I though the members here would like to see pics of the C.F. Temperate M14 stock I just recently painted up for myself. ;D



















 I have also done the AR CADPAT.





  SKBY.


----------



## tacsit (17 Jul 2004)

Damn, nice lookin blaster you got there. Do you take orders, cause I'm planning on getting an M14 either next month or September and wouldn't mind getting it cammed up.


----------



## KevinB (17 Jul 2004)

Ed, I got to get my AR vest and the Shorty together for a pic.
PS nice work on the keeper...

more of the CADPAT AR shorty...


----------



## Skullboy (17 Jul 2004)

tacsit said:
			
		

> Damn, nice lookin blaster you got there. Do you take orders, cause I'm planning on getting an M14 either next month or September and wouldn't mind getting it cammed up.



 As a matter of fact I do take orders. I paint stocks that are sent to me, plus I also sell complete painted USGI M14 stocks with or without the cheekrest.I have some stock sets on order through my supplier.Not sure when they will be arriving. 

  For more info, look here on the www.canadiangunnutz.com website: http://www.canadiangunnutz.com/viewtopic.php?t=6082.Follow the link and you will see more sample of my work.IIRC, you will have to register on the site in order to view the topics.

  Kevin, YES, get a group shot of your gear. 

    SKBY.


----------



## AlphaCharlie (18 Jul 2004)

too much brown on the Cadpat.... if you look on your combats their is like 5% brown....


----------



## KevinB (18 Jul 2004)

I have a trial set - there is much more brown in them (and the material is better - go figure : )

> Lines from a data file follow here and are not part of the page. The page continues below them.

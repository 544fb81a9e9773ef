//! The dates that the messages of a station tell: those of 1013 and 1029.

ghost use Rattle.std.specs.Prelude.{◌≡◌, ◌==◌, ◌&&◌, ℕ, List, [], ◌∷◌, None, Some, length, IfOk};
ghost use Rattle.rtk_survey.specs.Telling.{is_date};
ghost use Rattle.rtk_survey.specs.declared.date_message.DateMessage.{DateMessage};
ghost use Rattle.rtk_survey.specs.declared.date_message.DateMessage.TheVariants.{Utc};
ghost use Rattle.rtk_survey.specs.FrameDates as spec;

use crate::counting::count_if;
use crate::date_message::UtcDate;
use crate::telling::is_date;

/// The first date that messages of one number tell, and how many tell one.
#[derive(Clone, Copy, Debug, PartialEq, Eq)]
pub struct DateCount {
    pub first: Option<UtcDate>,
    pub count: u64,
}

/// What messages tell of the dates of a station.
#[derive(Clone, Copy, Debug, PartialEq, Eq)]
pub struct StationDates {
    pub of_1013: DateCount,
    pub of_1029: DateCount,
}

// The message tells a date, and is of this number.
fn counts_as(number: u16, date: UtcDate) -> bool
    ensures { result ≡ (is_date date && (date.number == number)) }
{
    is_date(date) && date.number == number
}

// The first date, after one more that may count.
fn earlier_or(first: Option<UtcDate>, counts: bool, date: UtcDate) -> Option<UtcDate>
    ensures { result ≡ spec.earlier_or first (spec.utc_if counts (Utc date)) }
{
    match first {
        Some(first) => Some(first),
        None if counts => Some(date),
        None => None,
    }
}

impl DateCount {
    // No message came.
    fn new() -> DateCount
        ensures { result ≡ spec.no_date_count }
    {
        DateCount {
            first: None,
            count: 0,
        }
    }

    // A message more of this number and station.
    fn count(&mut self, number: u16, date: UtcDate)
        ensures { (station : ℕ) (ds : List DateMessage) → station ≡ date.station → self.old ≡ spec.date_count number station ds
            → self.new ≡ spec.date_count number station (Utc date ∷ ds) }
    {
        let counts = counts_as(number, date);
        self.first = earlier_or(self.first, counts, date);
        self.count = count_if(self.count, counts);
    }
}

impl StationDates {
    /// No message came.
    pub(crate) fn new() -> StationDates
        ensures { result ≡ spec.no_station_dates }
    {
        StationDates {
            of_1013: DateCount::new(),
            of_1029: DateCount::new(),
        }
    }

    /// A message more of this station.
    pub(crate) fn count(&mut self, date: UtcDate)
        ensures { (station : ℕ) (ds : List DateMessage) → station ≡ date.station → self.old ≡ spec.station_dates station ds
            → self.new ≡ spec.station_dates station (Utc date ∷ ds) }
    {
        self.of_1013.count(1013, date);
        self.of_1029.count(1029, date);
    }

    /// Some message dates the station.
    pub fn has_date(&self) -> bool
        ensures { result ≡ spec.has_date self.now }
    {
        self.of_1013.first.is_some() || self.of_1029.first.is_some()
    }

    /// The date near which the command of the station converts.
    pub fn proposed_date(&self) -> Option<UtcDate>
        ensures { result ≡ spec.proposed_date self.now }
    {
        match self.of_1013.first {
            Some(date) => Some(date),
            None => self.of_1029.first,
        }
    }
}
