//! The marks of slips that are still to be shown: of each satellite 16, one for each place of a code,
//! whether its phase has slipped since it stood in a record on the step.
//!
//! A record off the step sets marks. A record on the step shows and clears the marks of its phases,
//! whether it is in the span or not.

ghost use Rattle.std.specs.Prelude.{◌≡◌, ℕ, ◌<◌, ◌≤◌, ◌||◌, ◌&&◌, ◌==◌, not, false, nat_lt, [], length, map, get_or, is_some, All, AllPairs};
ghost use Rattle.std.specs.List.{list_any};
ghost use Rattle.rtk_rinex.specs.Record.{IsSatelliteRow, HasWidth, no_observation};
ghost use Rattle.rtk_cut.specs.Cut.{code_at, with_slip};
ghost use Rattle.rtk_cut.specs.Steps.Pending.{mark_of, HasMarks, HaveMarks, MarksAt, MarksBecome, row_has_slip, row_has_phase, codes_with_marks, row_with_marks};

use rtk_rinex::{EpochTable, Observed, SatelliteRow};

// What a satellite shows of the code at this place.
fn code_at(row: &SatelliteRow, code: usize) -> Observed
    ensures { result ≡ code_at code row.now }
{
    row.observed
        .as_slice()
        .get(code)
        .copied()
        .unwrap_or_default()
}

fn mark(marks: &mut [bool], place: usize, has_slipped: bool)
    ensures size { length marks.new ≡ length marks.old }
    ensures marked { MarksAt marks.old marks.new (λ n. (has_slipped && (place == n)) || get_or marks.old n false) }
{
    if has_slipped && place < marks.len() {
        marks[place] = true;
    }
}

/// Marks the slips of a satellite.
pub(crate) fn note_row(marks: &mut [bool], row: &SatelliteRow)
    requires satellite { HasMarks marks.old row.now.satellite }
    ensures size { length marks.new ≡ length marks.old }
    ensures marks { MarksBecome marks.new (λ s c. row_has_slip s c row.now || mark_of marks.old s c) }
{
    let first = 16 * usize::from(row.satellite);
    for code in 0..row.observed.len() {
        mark(marks, first + code, code_at(row, code).slip);
    }
}

/// Marks the slips of satellites.
pub(crate) fn note_rows(marks: &mut [bool], rows: &[SatelliteRow])
    requires satellites { HaveMarks marks.old rows.now }
    ensures size { length marks.new ≡ length marks.old }
    ensures marks { MarksBecome marks.new (λ s c. list_any (row_has_slip s c) rows.now || mark_of marks.old s c) }
{
    for row in rows {
        note_row(marks, row);
    }
}

// Shows the slip that is marked at this place, if there is a phase, which clears the mark. Is it a
// slip that the observation itself does not have?
fn show_slip(marks: &mut [bool], place: usize, shown: &mut Observed) -> bool
    requires place { place < length marks.old }
    ensures shown { shown.new ≡ with_slip (shown.old.slip || get_or marks.old place false) shown.old }
    ensures size { length marks.new ≡ length marks.old }
    ensures marked { MarksAt marks.old marks.new
        (λ n. not (is_some shown.old.phase_millicycles && (place == n)) && get_or marks.old n false) }
    ensures same { result ≡ false → shown.new ≡ shown.old }
{
    if shown.phase_millicycles.is_none() {
        return false;
    }
    let had_slip = shown.slip;
    shown.slip = had_slip || marks[place];
    marks[place] = false;
    shown.slip != had_slip
}

/// Writes what the codes of a satellite show, with the slips that are marked. Is one a slip that the
/// satellite's own record does not have?
pub(crate) fn show_in_row(marks: &mut [bool], row: &SatelliteRow, shown: &mut [Observed]) -> bool
    requires satellite { HasMarks marks.old row.now.satellite }
    requires few { length shown.old ≤ 16 }
    ensures size { length marks.new ≡ length marks.old }
    ensures shown { shown.new ≡ codes_with_marks marks.old (length shown.old) row.now }
    ensures marks { MarksBecome marks.new (λ s c. not (row_has_phase s c row.now && nat_lt c (length shown.old)) && mark_of marks.old s c) }
    ensures same { result ≡ false → (c : ℕ) → c < length shown.old → get_or shown.new c no_observation ≡ code_at c row.now }
{
    let first = 16 * usize::from(row.satellite);
    let mut is_changed = false;
    for code in 0..shown.len() {
        shown[code] = code_at(row, code);
        let is_new = show_slip(marks, first + code, &mut shown[code]);
        is_changed = is_changed || is_new;
    }
    is_changed
}

/// Makes the rows of an epoch of GPS, with the slips that are marked. Is one a slip that the epoch itself
/// does not have?
pub(crate) fn show_in_rows(
    marks: &mut [bool],
    rows: &[SatelliteRow],
    code_count: usize,
    shown: &mut EpochTable,
) -> bool
    requires good { All IsSatelliteRow rows.now }
    requires rise { AllPairs (λ a b. a.satellite < b.satellite) rows.now }
    requires few { length rows.now ≤ 32 }
    requires satellites { HaveMarks marks.old rows.now }
    requires few_codes { code_count ≤ 16 }
    requires empty { shown.old.rows ≡ [] }
    ensures time { shown.new.time ≡ shown.old.time }
    ensures rows { shown.new.rows ≡ map (row_with_marks marks.old code_count) rows.now }
    ensures size { length marks.new ≡ length marks.old }
    ensures marks { MarksBecome marks.new (λ s c. not (list_any (row_has_phase s c) rows.now && nat_lt c code_count) && mark_of marks.old s c) }
    ensures same { result ≡ false → HasWidth code_count rows.now → shown.new.rows ≡ rows.now }
{
    // This is room alone: `show_in_row` writes each value before it is read.
    let mut codes = [Observed::default(); 16];
    let observed = &mut codes[..code_count];
    let mut is_changed = false;
    for row in rows {
        let is_row_changed = show_in_row(marks, row, observed);
        shown.push_row(row.satellite, observed);
        is_changed = is_changed || is_row_changed;
    }
    is_changed
}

 I think it looks great...


----------



## AlphaCharlie (18 Jul 2004)

KevinB said:
			
		

> I have a trial set - there is much more brown in them (and the material is better - go figure : )
> 
> I think it looks great...



trial set of what?


----------



## KevinB (18 Jul 2004)

CADPAT combats...


----------



## Tickles (14 Aug 2004)

looks amazing! forget about 5%


----------



## 1feral1 (14 Aug 2004)

Nice! back when I lived in Saskatchewan I used to own a CA M14, a Winchester made one. I sure enjoyed that rifle, and owned it for yrs before the CA restricted crap came in back in the early 90s.

Here in Australia, we have experimented in AUSCAMing F88s (AUGs) and F89s (Minimis), but the painted finishes just cant handle daily abuse by the troops, so the entire camming process has been halted for now anyways.

Good shooting!

Wes


----------



## pappy (1 Oct 2004)

where do I send mine?   lol nice job.  Always loved the M14, but I love my M16A3 too, gald I own both  hehehe ;D
oh and there's my M700 Tactical
and my......

Ahh it's nice not having a wife, so many toys one can afford   ;D


----------